Research article 02 May 2018

Research article | 02 May 2018

Review status
This discussion paper is a preprint. It is a manuscript under review for the journal Natural Hazards and Earth System Sciences (NHESS).

Ensemble flood forecasting considering dominant runoff processes: I. Setup and application to nested basins (Emme, Switzerland)

Manuel Antonetti1,2, Christoph Horat1,3, Ioannis V. Sideris4, and Massimiliano Zappa1 Manuel Antonetti et al.
  • 1Swiss Federal Institute for Forest, Snow and Landscape Research, Birmensdorf, Switzerland
  • 2University of Zurich, Department of Geography, Zurich, Switzerland
  • 3ETH, Institute for Atmospheric and Climate Science, Zurich, Switzerland
  • 4MeteoSwiss, Swiss Federal Office of Meteorology and Climatology, Locarno, Switzerland

Abstract. Flash floods (FFs) evolve rapidly during and after heavy precipitation events and represent a risk for society. To predict the timing and magnitude of a peak runoff, it is common to couple meteorological and hydrological models in a forecasting chain. However, hydrological models rely on strong simplifying assumptions and hence need to be calibrated. This makes their application difficult in catchments where no direct observation of runoff is available.

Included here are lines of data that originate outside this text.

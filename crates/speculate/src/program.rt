//! The run of the program, from its words to its end.
ghost use Rattle.std.specs.Prelude.{◌≡◌, map, codes, string_bytes};
ghost use Rattle.std.specs.Str.Lines.{lines};
ghost use Rattle.std.specs.Io.Buffered.{writer_buffer, writer_contents};
ghost use Rattle.sk_command.specs.CommandLine.{wish_of, IsWithinBounds};
ghost use Rattle.sk_command.specs.Ends.{IsFlushed};
ghost use Rattle.sk_command.specs.Messages.{message_text};
ghost use Rattle.sk_scenario.specs.Scenario.{section_view};
ghost use Rattle.speculate.specs.Program.{EndsRead, EndsText, EndsFile, EndsWords, section_told};

use crate::working::run_work;
use sk_command::end::{End, tell_fault, tell_wrong_section};
use sk_command::job::{Job, Task, asked, explain};
use sk_command::message::{Message, write_message};
use sk_command::open_input::{OpenInput, input};
use sk_faults::write_detail;
use sk_run::plain_run::run_trace;
use sk_run::playing::{run_steps, run_world};
use sk_run::replaying::run_replay;
use sk_run::talking::talk_declared;
use sk_scenario::{Scenario, Section};
use sk_words::Fault;
use std::alloc::Global;
use std::io::{BufWriter, Write};
use std::sync::Wait;
use std::thread::Threads;

/// Runs the program on its words, of which the first is its own name. Of `work` each worker has a thread of its own, and
/// the server has another. After a refused write of the output nothing more is written to it.
pub fn run<R: Threads + Wait + Sync, O: OpenInput, W: Write + Drop, E: Write>(
    rt: &R,
    alloc: Global,
    words: &[String],
    inputs: &O,
    out: &mut BufWriter<W>,
    err: &mut E,
) -> End
    ensures end { EndsWords (map string_bytes words.now) (O.bytes_of inputs.now) result
        (writer_contents W.contents out.old) (writer_contents W.contents out.new) }
    ensures flushed { IsFlushed result (writer_buffer out.new) }
{
    match asked(alloc, words) {
        Ok(Some(job)) => run_file(rt, alloc, job, inputs, out, err),
        Ok(None) => End::Usage,
        Err(error) => explain(alloc, &error, out, err),
    }
}

/// Does a job with the file that it names.
fn run_file<R: Threads + Wait + Sync, O: OpenInput, W: Write + Drop, E: Write>(
    rt: &R,
    alloc: Global,
    job: Job,
    inputs: &O,
    out: &mut BufWriter<W>,
    err: &mut E,
) -> End
    requires { IsWithinBounds job.task }
    ensures end { let wish = wish_of job.entry in
        EndsFile wish.task (O.bytes_of inputs.now (codes "-"))
        (O.bytes_of inputs.now wish.file) result
        (writer_contents W.contents out.old) (writer_contents W.contents out.new) }
    ensures flushed { IsFlushed result (writer_buffer out.new) }
{
    match input(alloc, inputs, job.file, err) {
        Ok(text) => run_text(rt, alloc, job, &text, inputs, out, err),
        Err(end) => end,
    }
}

/// Does a job with a scenario's text, and with the standard input where it talks, or tells its first fault.
fn run_text<R: Threads + Wait + Sync, O: OpenInput, W: Write + Drop, E: Write>(
    rt: &R,
    alloc: Global,
    job: Job,
    text: &[u8],
    inputs: &O,
    out: &mut BufWriter<W>,
    err: &mut E,
) -> End
    requires { IsWithinBounds job.task }
    ensures end { EndsText job.entry.task (O.bytes_of inputs.now (codes "-")) text.now result
        (writer_contents W.contents out.old) (writer_contents W.contents out.new) }
    ensures flushed { IsFlushed result (writer_buffer out.new) }
{
    let read = Scenario::parse(alloc, text);
    let end = run_read(rt, alloc, job, text, &read, inputs, out, err);
    if let Err(fault) = &read {
        let _ = write_detail(job.file, text, fault, err);
    }
    end
}

/// What a job takes, and what its file has in its place.
fn other_section<'a>(job: Job<'a>, section: &Section) -> Message<'a>
    ensures { message_text result
        ≡ section_told (wish_of job.entry) (section_view section.now) }
{
    let Job { file, task } = job;
    let has = match (task, section) {
        (_, Section::Trace(_)) => "trace",
        (Task::Talk, _) => "events",
        (_, Section::Steps(_)) => "steps",
        (_, Section::World(_)) => "world",
    };
    Message::Other { task, file, has }
}

/// Does a job with what was read of a text, or tells its fault.
fn run_read<R: Threads + Wait + Sync, O: OpenInput, W: Write + Drop, E: Write>(
    rt: &R,
    alloc: Global,
    job: Job,
    text: &[u8],
    read: &Result<Scenario, Fault>,
    inputs: &O,
    out: &mut BufWriter<W>,
    err: &mut E,
) -> End
    requires { IsWithinBounds job.task }
    ensures end { EndsRead job.entry.task (O.bytes_of inputs.now (codes "-")) (lines text.now) read.now result
        (writer_contents W.contents out.old) (writer_contents W.contents out.new) }
    ensures flushed { IsFlushed result (writer_buffer out.new) }
{
    let Scenario {
        declarations,
        section,
    } = match read {
        Ok(scenario) => scenario,
        Err(fault) => return tell_fault(fault, err),
    };
    let other = other_section(job, section);
    match (job.task, section) {
        (Task::Play(shows), Section::Steps(steps)) => {
            run_steps(alloc, text, declarations, steps.as_slice(), shows, out)
        }
        (Task::Play(shows), Section::World(events)) => {
            run_world(alloc, text, declarations, events.as_slice(), shows, out)
        }
        (Task::Talk, section) => {
            let end = talk_declared(alloc, declarations, section, inputs, out, err);
            if end == End::Fault {
                let _ = write_message(&other, err);
            }
            end
        }
        (Task::Plain, Section::Trace(trace)) => {
            run_trace(alloc, declarations.boot(), trace, out, err)
        }
        (Task::Replay, Section::Trace(trace)) => {
            run_replay(alloc, declarations, trace, out, err)
        }
        (Task::Work { workers, turns }, _) => {
            run_work(rt, alloc, workers, turns, declarations, out)
        }
        _ => {
            let end = tell_wrong_section(err);
            let _ = write_message(&other, err);
            end
        }
    }
}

To address this gap, a FF forecasting chain is presented based on: (i) a nowcasting product which combines radar and rain gauge rainfall data (CombiPrecip), (ii) meteorological data from state-of-the-art numerical weather prediction models (COSMO-1, COSMO-E), (iii) operationally available soil moisture estimations from the PREVAH hydrological model, and (iv) a process-based runoff generation module with no need for calibration (RGM-PRO). This last component uses information on the spatial distribution of dominant runoff processes from the so-called maps of runoff types (RTs), which can be derived with different mapping approaches with increasing involvement of expert knowledge. RGM-PRO is then parametrised a priori based on the results of sprinkling experiments.

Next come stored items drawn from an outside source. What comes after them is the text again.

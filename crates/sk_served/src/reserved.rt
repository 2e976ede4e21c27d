//! Keys that no command may name: those of batches.
ghost use Rattle.std.specs.Prelude.{◌≡◌, map};
ghost use Rattle.sk_served.specs.Base.{vec_items, list_any, pairs_of, is_reserved};
ghost use Rattle.sk_served.specs.Names.{command_names_reserved, names_reserved};

use sk_commands::{Command, Work};
use sk_reserved::is_reserved;

/// Whether one of these keys does.
fn are_reserved(keys: &[Vec<u8>]) -> bool
    ensures { result ≡ list_any is_reserved (map vec_items keys.now) }
{
    for key in keys {
        if is_reserved(key.as_slice()) {
            return true;
        }
    }
    false
}

/// Whether one of the keys that MSET sets does; each has its value behind it.
fn set_reserved(words: &[Vec<u8>]) -> bool
    ensures { result ≡ list_any is_reserved (map (λ w. w.0) (pairs_of (map vec_items words.now))) }
{
    let mut left = words;
    while let Some((key, behind)) = left.split_first() {
        let Some((_, behind)) = behind.split_first() else {
            return false;
        };
        if is_reserved(key.as_slice()) {
            return true;
        }
        left = behind;
    }
    false
}

/// Whether a command names a reserved key.
fn command_names_reserved(command: &Command) -> bool
    ensures { result ≡ command_names_reserved command.now }
{
    match command {
        Command::Get(key)
        | Command::Set(key, _, _)
        | Command::Add(key, _)
        | Command::Append(key, _)
        | Command::StrLen(key) => is_reserved(key.as_slice()),
        Command::Del(keys) | Command::Exists(keys) | Command::MGet(keys) => {
            are_reserved(keys.as_slice())
        }
        Command::MSet(words) => set_reserved(words.as_slice()),
        Command::DbSize
        | Command::KeysWith(_)
        | Command::FlushAll
        | Command::Ping
        | Command::Echo(_)
        | Command::Wrong(_) => false,
    }
}

/// Whether one of these commands does.
fn some_names_reserved(commands: &[Command]) -> bool
    ensures { result ≡ list_any command_names_reserved commands.now }
{
    for command in commands {
        if command_names_reserved(command) {
            return true;
        }
    }
    false
}

/// Whether work names a reserved key. Such work is refused before it comes to the store.
pub fn names_reserved(work: &Work) -> bool
    ensures { result ≡ names_reserved work.now }
{
    match work {
        Work::Say(_) => false,
        Work::One(command) => command_names_reserved(command),
        Work::Each(commands) => some_names_reserved(commands.as_slice()),
    }
}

This prediction chain has been evaluated using data from April to September 2016 in the Emme catchment, a medium-size FF prone basin in the Swiss Prealps. Two novel forecasting chains were set up with two different maps of RTs, which allowed sensitivity of the forecast performance on the mapping approaches to be analysed. Furthermore, special emphasis was placed on the predictive power of the new forecasting chains in nested subcatchments when compared with a prediction chain including a conventional hydrological model relying on calibration.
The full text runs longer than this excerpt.